Latest revision as of 20:03, 25 July 2021

Here is the formula for a choose b: $\binom{a}{b}=\frac{a!}{b!(a-b)!}$. This is assuming that of course $a \ge b$.

Why is it important?

a choose b counts the number of ways you can pick b things from a set of a things. For example $\binom{8}{2}=\frac{8!}{2!(8-2)!}=\frac{8(7)}{2}=\frac{42}{2}=21$. More at https://artofproblemsolving.com/videos/counting/chapter4/64.

a choose 2

Here is a list of n choose 2's

$\binom{2}{2}=1$

$\binom{3}{2}=3$

$\binom{4}{2}=6$

$\binom{5}{2}=10$

These are triangle numbers! My proof uses induction (assuming something is true unless proofed true or not true). $\binom{n}{2}=1+2+3...+(n-1)$ Then Simplify:

$\frac{n!}{2!(n-2)!}=\frac{n(n+1)}{2}$ More Simplify:

$\frac{n(n+1)}{2}=\frac{n(n+1)}{2}$

So now we have proved it. If you don't get what I did on the second step go to Proof Without Words on this wiki.

Pascal's Identity

Pascal's Identity states that

${n \choose k}={n-1\choose k-1}+{n-1\choose k}$

Here is the proof:

\begin{eqnarray*}\binom{n-1}{k-1}+\binom{n-1}{k}&=&\frac{(n-1)!}{(k-1)!(n-k)!}+\frac{(n-1)!}{k!(n-k-1)!}\\ &=&(n-1)!\left(\frac{k}{k!(n-k)!}+\frac{n-k}{k!(n-k)!}\right)\\ &=&(n-1)!\cdot \frac{n}{k!(n-k)!}\\ &=&\frac{n!}{k!(n-k)!}\\ &=&\binom{n}{k}. \qquad\qquad\square\end{eqnarray*}

Binomial Theorem and Pascal's Triangle

Pascal's triangle is an array of numbers that represent binomial coefficients. It looks something like this:

                  1
                1   1
              1   2   1
            1   3   3   1
         1   4    6    4   1

And on and on...

You may ask the question: What does this have to do with a choose b.
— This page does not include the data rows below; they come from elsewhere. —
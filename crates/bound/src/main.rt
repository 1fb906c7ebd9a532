// The program `bound`: reads four parameters, a budget and a sheet, and prints the figures and the lines of each loop, or the refusal.
#![tactic(auto)]

ghost use Rattle.std.specs.Prelude.{◌≤◌, length, IfOk};

use std::io;
use std::io::{Read, Write};
use text::{TEXT_LENGTH, blank_input, program_text};

// Reads until the buffer is full or the input ends, and says how many bytes came. Stays a loop over `read`, since `read_exact` does not say how
// many came before the input ended, and `read_to_end` needs a heap.
fn read_full<R: Read>(reader: &mut R, buffer: &mut [u8]) -> io::Result<usize>
    ensures { IfOk result (λ n. n ≤ length buffer.new) }
{
    let mut got = 0;
    while got < buffer.len() {
        let count = reader.read(&mut buffer[got..])?;
        if count == 0 {
            break;
        }
        got += count;
    }
    Ok(got)
}

// No contract can speak of what is read or written, so there is none here; that of `program_text` says what the text is. Of a
// longer input only what `blank_input` has room for matters. A read or a write that fails ends the program with its error.
fn main(rt: HostRuntime) -> io::Result<()> {
    let mut input = blank_input();
    let mut buffer = [0; TEXT_LENGTH];
    let got = read_full(&mut rt.stdin(), &mut input)?;
    let length = program_text(&input[..got], &mut buffer);
    rt.stdout().write_all(&buffer[..length])
}
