//! Tests of logs, of rows in order, and of the numbers of the kinds.

use crate::{Kind, PartEnd, PartLog, TraceRow, merge};
use soc_base::Cause;
use std::test::Fail;

const fn row(cycle: u64, tile: u8, kind: Kind, value: u32) -> TraceRow {
    TraceRow {
        cycle,
        value,
        tile,
        kind,
    }
}

#[test]
fn keeps_the_first_rows(rt: HostRuntime) -> Result<(), Fail> {
    let rows = [
        row(7, 0, Kind::Word, 1),
        row(7, 0, Kind::Step, 4),
        row(9, 0, Kind::Step, 8),
    ];
    for (capacity, kept, cut) in [(0, 0, 3), (2, 2, 1), (3, 3, 0), (4, 3, 0)] {
        let mut log = PartLog::new(rt.alloc(), capacity)?;
        assert_eq!(rt; log.end(), PartEnd::Live);
        for row in rows {
            log.push(row);
        }
        log.finish(PartEnd::Halt { code: 5, cycle: 9 });
        assert_eq!(rt; log.rows(), &rows[..kept], "room for {capacity}");
        assert_eq!(rt; log.cut(), cut, "room for {capacity}");
        assert_eq!(rt; log.end(), PartEnd::Halt { code: 5, cycle: 9 });
    }
    Ok(())
}

#[test]
fn merges_in_order(rt: HostRuntime) -> Result<(), Fail> {
    let alloc = rt.alloc();
    let mut first = PartLog::new(alloc, 4)?;
    first.push(row(5, 1, Kind::Step, 0x10));
    first.push(row(5, 1, Kind::Word, 7));
    first.push(row(9, 1, Kind::Recv, 0));
    let mut second = PartLog::new(alloc, 4)?;
    second.push(row(5, 0, Kind::Send, 9));
    second.push(row(5, 0, Kind::Step, 0x20));
    second.push(row(6, 0, Kind::Word, 8));
    let mut merged = Vec::with_capacity(alloc, 6)?;
    for log in [&first, &second] {
        assert!(rt; merged.len() + log.rows().len() <= merged.capacity());
        merge(&mut merged, log);
    }
    let want = [
        row(5, 0, Kind::Send, 9),
        row(5, 0, Kind::Step, 0x20),
        row(5, 1, Kind::Word, 7),
        row(5, 1, Kind::Step, 0x10),
        row(6, 0, Kind::Word, 8),
        row(9, 1, Kind::Recv, 0),
    ];
    assert_eq!(rt; merged.as_slice(), want.as_slice());
    Ok(())
}

#[test]
fn numbers_kinds(rt: HostRuntime) {
    let kinds = [Kind::Word, Kind::Send, Kind::Recv, Kind::Step];
    for (kind, (phase, set)) in kinds.into_iter().zip([(0, 1), (1, 2), (2, 4), (3, 8)]) {
        assert_eq!(rt; kind.phase(), phase, "{kind:?}");
        assert!(rt; kind.is_in(set), "{kind:?}");
        assert!(rt; kind.is_in(255), "{kind:?}");
        assert!(rt; !kind.is_in(15 - set), "{kind:?}");
    }
    let fault = PartEnd::Fault {
        cause: Cause::Align,
        cycle: 3,
    };
    assert!(rt; !PartEnd::Live.has_ended());
    assert!(rt; PartEnd::Halt { code: 0, cycle: 0 }.has_ended());
    assert!(rt; fault.has_ended());
}
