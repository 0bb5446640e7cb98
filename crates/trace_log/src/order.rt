//! The order of rows, and the rows of several logs in one list.

ghost use Rattle.std.specs.Prelude.{◌≡◌, ◌+◌, ◌≤◌, ◌++◌, length, vec_len, vec_capacity};
ghost use Rattle.std.specs.List.Sorted.{IsSorted, IsPermutation};
ghost use Rattle.trace_log.specs.Rows.{row_cmp};

use crate::log::PartLog;
use crate::row::TraceRow;
use std::cmp::Ordering;

impl Ord for TraceRow {
    ghost use Rattle.std.proofs.Common.{rules};
    ghost use Rattle.std.specs.Cmp.Rules.{comparing};
    ghost use Rattle.trace_log.specs.Rows.{row_cmp};

    ghost cmp = { row_cmp };

    ghost total = { Prim.search (comparing, rules) depth 9 };

    ghost matches_partial_cmp = { Prim.search (comparing, rules) depth 9 };

    ghost matches_eq = { Prim.search (comparing, rules) depth 9 };

    fn cmp(&self, other: &TraceRow) -> Ordering {
        self.cycle
            .cmp(&other.cycle)
            .then(self.tile.cmp(&other.tile))
            .then(self.kind.phase().cmp(&other.kind.phase()))
            .then(self.value.cmp(&other.value))
    }
}

impl PartialOrd for TraceRow {
    ghost use Rattle.std.proofs.Common.{rules};
    ghost use Rattle.std.specs.Cmp.{partial_order_from_own_ties};
    ghost use Rattle.std.specs.Cmp.Rules.{comparing};
    ghost use Rattle.std.specs.Ordering.{as_partial_cmp};
    ghost use Rattle.trace_log.specs.Rows.{row_cmp};

    ghost partial_cmp = { as_partial_cmp row_cmp };

    ghost laws = { partial_order_from_own_ties (Prim.search (comparing, rules) depth 9) (Prim.search (comparing, rules) depth 9) };

    fn partial_cmp(&self, other: &TraceRow) -> Option<Ordering> {
        Some(self.cmp(other))
    }
}

/// Adds the rows of a log to a list with room for them, and puts the list in order of cycle, tile and
/// phase. Takes no memory.
pub fn merge(into: &mut Vec<TraceRow>, log: &PartLog)
    requires { vec_len into.old + length log.now.rows ≤ vec_capacity into.old }
    ensures rows { IsPermutation (into.old.items ++ log.now.rows) into.new.items }
    ensures order { IsSorted row_cmp into.new.items }
    ensures room { vec_capacity into.new ≡ vec_capacity into.old }
{
    for row in log.rows() {
        into.push_reserved(*row);
    }
    into.sort_unstable();
}
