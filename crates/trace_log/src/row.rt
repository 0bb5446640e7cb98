//! Rows of a trace, their kinds, and the ends of parts.

ghost use Rattle.std.specs.Prelude.{◌≡◌, ◌<◌, length};

use soc_base::Cause;

/// What a row tells of.
#[derive(Clone, Copy, Debug, PartialEq, Eq)]
pub enum Kind {
    /// A word that the part stored to its TRACE register.
    Word,
    /// A word that the part put into a port's send queue.
    Send,
    /// A word that the part took from a port's receive queue.
    Recv,
    /// The address of an instruction that the part completed.
    Step,
}

impl Kind {
    ghost use Rattle.trace_log.specs.Kinds.{kind_text, phase_of, has_kind};

    /// Answers the kind's word, as it stands in files and in traces.
    pub fn word(self) -> &'static str
        ensures text { result.now ≡ kind_text self }
        ensures short { length result.now ≡ 4 }
    {
        match self {
            Kind::Word => "word",
            Kind::Send => "send",
            Kind::Recv => "recv",
            Kind::Step => "step",
        }
    }

    /// Answers the phase of the kind, from 0 to 3: rows of one cycle and tile stand in order of their
    /// phases, and the kinds that a part names are the bits of a set by phase.
    pub fn phase(self) -> u8
        ensures value { result ≡ phase_of self }
        ensures few { result < 4 }
    {
        match self {
            Kind::Word => 0,
            Kind::Send => 1,
            Kind::Recv => 2,
            Kind::Step => 3,
        }
    }

    /// Answers whether a set of kinds, one bit a phase, has this kind.
    pub fn is_in(self, kinds: u8) -> bool
        ensures { result ≡ has_kind kinds self }
    {
        (kinds >> self.phase()) % 2 == 1
    }
}

/// One row of a trace.
#[derive(Clone, Copy, Debug, PartialEq, Eq)]
pub struct TraceRow {
    /// The cycle in which the instruction had its effect.
    pub cycle: u64,
    /// The word, or the address of the instruction.
    pub value: u32,
    /// The tile of the part.
    pub tile: u8,
    /// What the row tells of.
    pub kind: Kind,
}

/// How a part stands.
#[derive(Clone, Copy, Debug, PartialEq, Eq)]
pub enum PartEnd {
    /// It has not ended.
    Live,
    /// It ended by ECALL.
    Halt {
        /// The value of x10.
        code: u32,
        /// The cycle of the ECALL's effect.
        cycle: u64,
    },
    /// It ended by a fault.
    Fault {
        /// Why.
        cause: Cause,
        /// The cycle of the fault.
        cycle: u64,
    },
}

impl PartEnd {
    ghost use Rattle.trace_log.specs.Log.{has_ended};

    /// Answers whether the part has ended.
    pub fn has_ended(self) -> bool
        ensures { result ≡ has_ended self }
    {
        match self {
            PartEnd::Live => false,
            PartEnd::Halt { .. } | PartEnd::Fault { .. } => true,
        }
    }
}
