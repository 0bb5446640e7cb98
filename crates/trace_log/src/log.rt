//! The log of one part.

ghost use Rattle.std.specs.Prelude.{◌≡◌, IfOk};

use crate::row::{PartEnd, TraceRow};
use soc_base::NoMemory;
use std::alloc::Global;
use std::marker::Model;

/// The log of one part: its first rows, up to a capacity that is fixed when the log is made, how many
/// more rows there were, and how the part ended.
#[derive(Debug, Drop)]
pub struct PartLog {
    rows: Vec<TraceRow>,
    capacity: u32,
    cut: u64,
    end: PartEnd,
}

impl Model for PartLog {
    ghost use Rattle.std.specs.Prelude.{◌≤◌, vec_len, vec_capacity};
    ghost use Rattle.trace_log.specs.Log.{Log};

    ghost Value = { Log };

    ghost view = { λ l. record { rows = l.rows.items; room = l.capacity; cut = l.cut; end = l.end } };

    ghost invariant = { λ l. (vec_len l.rows ≤ l.capacity) × (l.capacity ≤ vec_capacity l.rows) };
}

impl PartLog {
    ghost use Rattle.trace_log.specs.Log.{new_log, logged, finished};

    /// Makes an empty log of a live part, with room for `capacity` rows.
    pub fn new(alloc: Global, capacity: u32) -> Result<PartLog, NoMemory>
        ensures { IfOk result (λ l. l ≡ new_log capacity) }
    {
        let rows = Vec::with_capacity(alloc, capacity as usize)?;
        Ok(PartLog {
            rows,
            capacity,
            cut: 0,
            end: PartEnd::Live,
        })
    }

    /// Appends a row, or at capacity counts it as cut. The count stays at the greatest u64 once there.
    /// Takes no memory.
    #[tactic(auto, unfolding(crate::specs::Log::logged))]
    pub fn push(&mut self, row: TraceRow)
        ensures { self.new ≡ logged row self.old }
    {
        if self.rows.len() < self.capacity as usize {
            self.rows.push_reserved(row);
        } else {
            self.cut = self.cut.saturating_add(1);
        }
    }

    /// Sets how the part ended. Takes no memory.
    pub fn finish(&mut self, end: PartEnd)
        ensures { self.new ≡ finished end self.old }
    {
        self.end = end;
    }

    /// Answers the rows that were kept, the oldest first.
    pub fn rows(&self) -> &[TraceRow]
        ensures { result.now ≡ self.now.rows }
    {
        self.rows.as_slice()
    }

    /// Answers how many rows were cut.
    pub fn cut(&self) -> u64
        ensures { result ≡ self.now.cut }
    {
        self.cut
    }

    /// Answers how the part ended, or that it is live.
    pub fn end(&self) -> PartEnd
        ensures { result ≡ self.now.end }
    {
        self.end
    }
}
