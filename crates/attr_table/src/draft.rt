//! What the attributes of an element have set so far.
ghost use Rattle.std.specs.Prelude.{◌≡◌};
ghost use Rattle.attr_table.specs.Setting.{empty_draft};

use crate::table::KNOWN;
use std::alloc::Global;
use view_model::{Facts, Text};

/// What the attributes of an element have set so far.
#[derive(Drop)]
pub struct Draft {
    pub facts: Facts,
    /// The margin for all sides.
    pub margin: Option<i32>,
    /// The padding for all sides.
    pub padding: Option<i32>,
    pub text: Text,
    /// Which attributes of the table came.
    pub came: [bool; KNOWN],
    /// How many attributes are not known.
    pub ignored: u32,
}

impl Draft {
    /// The draft before any attribute. It takes no memory.
    pub fn new(alloc: Global) -> Draft
        ensures { result ≡ empty_draft }
    {
        Draft {
            facts: Facts::new(0, 0),
            margin: None,
            padding: None,
            text: Text::empty(alloc),
            came: [false; KNOWN],
            ignored: 0,
        }
    }
}
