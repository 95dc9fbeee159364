//! What the value of an attribute sets.
ghost use Rattle.std.specs.Prelude.{◌≡◌};
ghost use Rattle.attr_table.specs.Setting.{across_of, answer_of, direction_of, down_of, drafted, gravity_of, visibility_of, with_given, with_margin, with_margins, with_padding, with_paddings, with_pixels, with_word, HasVerb};

use crate::draft::Draft;
use crate::given::Given;
use crate::table::{Side, Slot};
use geom_core::{Argb, Insets};
use view_model::{Across, Answer, Direction, Down, Facts, Gravity, Visibility};

/// The bit of a gravity's word that makes left start and right end.
const RELATIVE: u32 = 1 << 23;

/// Sets the meaning of a value. A margin or a padding for all sides is kept apart, since one side that comes later may
/// not count.
pub fn set(slot: Slot, given: Given, draft: &mut Draft)
    requires { HasVerb slot }
    ensures { draft.new ≡ with_given slot given draft.old }
{
    match given {
        Given::Pixels(n) => match slot {
            Slot::Margins => draft.margin = Some(n),
            Slot::Paddings => draft.padding = Some(n),
            _ => set_pixels(slot, n, &mut draft.facts),
        },
        Given::Word(word) => set_word(slot, word, &mut draft.facts),
        Given::Text(text) => draft.text = text,
    }
}

/// The facts that a draft results in.
pub fn drafted(draft: &Draft) -> Facts
    ensures { result ≡ drafted draft.now }
{
    let mut facts = draft.facts;
    spread_margin(draft.margin, &mut facts);
    spread_padding(draft.padding, &mut facts);
    facts
}

/// Sets all margins, if one for all sides is not negative.
#[tactic(auto, unfolding(crate::specs::Setting::with_margins))]
fn spread_margin(margin: Option<i32>, facts: &mut Facts)
    ensures { facts.new ≡ with_margins margin facts.old }
{
    if let Some(n) = margin {
        if 0 <= n {
            facts.margins = all_sides(n);
            facts.margin_start = None;
            facts.margin_end = None;
        }
    }
}

/// Sets the padding of the four sides.
#[tactic(auto, unfolding(crate::specs::Setting::with_paddings))]
fn spread_padding(padding: Option<i32>, facts: &mut Facts)
    ensures { facts.new ≡ with_paddings padding facts.old }
{
    if let Some(n) = padding {
        facts.padding = all_sides(n);
    }
}

/// The same number of pixels on each of the four sides.
const fn all_sides(n: i32) -> Insets
    ensures { result ≡ record { left = n; top = n; right = n; bottom = n } }
{
    Insets {
        left: n,
        top: n,
        right: n,
        bottom: n,
    }
}

/// Sets a number of pixels.
fn set_pixels(slot: Slot, n: i32, facts: &mut Facts)
    ensures { facts.new ≡ with_pixels slot n facts.old }
{
    match slot {
        Slot::Width => facts.width = n,
        Slot::Height => facts.height = n,
        Slot::Margin(side) => set_margin(side, n, facts),
        Slot::Padding(side) => set_padding(side, n, facts),
        Slot::MinWidth => facts.min.w = n,
        Slot::MinHeight => facts.min.h = n,
        _ => (),
    }
}

/// Sets the margin of one side, in pixels. A start or an end margin is kept beside the left and the right one.
fn set_margin(side: Side, n: i32, facts: &mut Facts)
    ensures { facts.new ≡ with_margin side n facts.old }
{
    match side {
        Side::Left => facts.margins.left = n,
        Side::Top => facts.margins.top = n,
        Side::Right => facts.margins.right = n,
        Side::Bottom => facts.margins.bottom = n,
        Side::Start => facts.margin_start = Some(n),
        Side::End => facts.margin_end = Some(n),
    }
}

/// Sets the padding of one side, in pixels. A start or an end padding is kept beside the left and the right one.
fn set_padding(side: Side, n: i32, facts: &mut Facts)
    ensures { facts.new ≡ with_padding side n facts.old }
{
    match side {
        Side::Left => facts.padding.left = n,
        Side::Top => facts.padding.top = n,
        Side::Right => facts.padding.right = n,
        Side::Bottom => facts.padding.bottom = n,
        Side::Start => facts.padding_start = Some(n),
        Side::End => facts.padding_end = Some(n),
    }
}

/// Sets a number of another kind.
fn set_word(slot: Slot, word: u32, facts: &mut Facts)
    requires { HasVerb slot }
    ensures { facts.new ≡ with_word slot word facts.old }
{
    match slot {
        Slot::Id => facts.id = word,
        Slot::Weight => facts.weight = word,
        Slot::WeightSum => facts.weight_sum = word,
        Slot::LayoutGravity => facts.layout_gravity = gravity(word),
        Slot::Gravity => facts.gravity = gravity(word),
        Slot::Vertical => facts.vertical = word == 1,
        Slot::Visibility => facts.visibility = visibility(word),
        Slot::Direction => facts.direction = direction(word),
        Slot::Background => facts.background = Argb(word),
        Slot::Ink => facts.ink = Argb(word),
        Slot::Click => facts.answer = answer(word),
        Slot::Clip => facts.clip = word == 1,
        Slot::Fill => facts.fill = word == 1,
        Slot::Split => facts.split = word == 1,
        Slot::Rule(verb) => facts.rules.values[usize::from(verb)] = word,
        _ => (),
    }
}

/// Where a word places a view, in the bits of Android's gravities.
#[tactic(auto, unfolding(crate::specs::Setting::gravity_of))]
fn gravity(word: u32) -> Gravity
    ensures { result ≡ gravity_of word }
{
    Gravity {
        given: true,
        across: across(word % 8, word / RELATIVE % 2 == 1),
        down: down(word / 16 % 8),
    }
}

/// How the three bits for the horizontal axis place a view; `relative` makes left start and right end.
#[tactic(auto, unfolding(crate::specs::Setting::across_of))]
fn across(bits: u32, relative: bool) -> Across
    ensures { result ≡ across_of bits relative }
{
    match (bits, relative) {
        (0, _) => Across::Unset,
        (1, _) => Across::Center,
        (5, true) => Across::End,
        (5, false) => Across::Right,
        (_, true) => Across::Start,
        (_, false) => Across::Left,
    }
}

/// How the three bits for the vertical axis place a view: those without a meaning of their own count as the top.
#[tactic(auto, unfolding(crate::specs::Setting::down_of))]
fn down(bits: u32) -> Down
    ensures { result ≡ down_of bits }
{
    match bits {
        0 => Down::Unset,
        1 => Down::Center,
        5 => Down::Bottom,
        _ => Down::Top,
    }
}

/// The visibility that a word means: 0 is visible, 1 is invisible, and any other number is gone.
#[tactic(auto, unfolding(crate::specs::Setting::visibility_of))]
fn visibility(word: u32) -> Visibility
    ensures { result ≡ visibility_of word }
{
    match word {
        0 => Visibility::Visible,
        1 => Visibility::Invisible,
        _ => Visibility::Gone,
    }
}

/// The direction of the locale counts as from left to right.
#[tactic(auto, unfolding(crate::specs::Setting::direction_of))]
fn direction(word: u32) -> Direction
    ensures { result ≡ direction_of word }
{
    match word {
        1 => Direction::Rtl,
        2 => Direction::Inherit,
        _ => Direction::Ltr,
    }
}

/// `Click` for the word 1, and `Off` for any other.
#[tactic(auto, unfolding(crate::specs::Setting::answer_of))]
fn answer(word: u32) -> Answer
    ensures { result ≡ answer_of word }
{
    if word == 1 {
        return Answer::Click;
    }
    Answer::Off
}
Well, this triangle is the same as this:

$\binom{0}{0}$

$\binom{1}{0} \binom{1}{1}$

$\binom{2}{0} \binom{2}{1} \binom{2}{2}$

$\binom{3}{0} \binom{3}{1} \binom{3}{2} \binom{3}{3}$

I'll encourage you to prove it by yourself

Another way to build it is to start with two diagonal rows of one and then the rest of the numbers are the sum of the two numbers above it.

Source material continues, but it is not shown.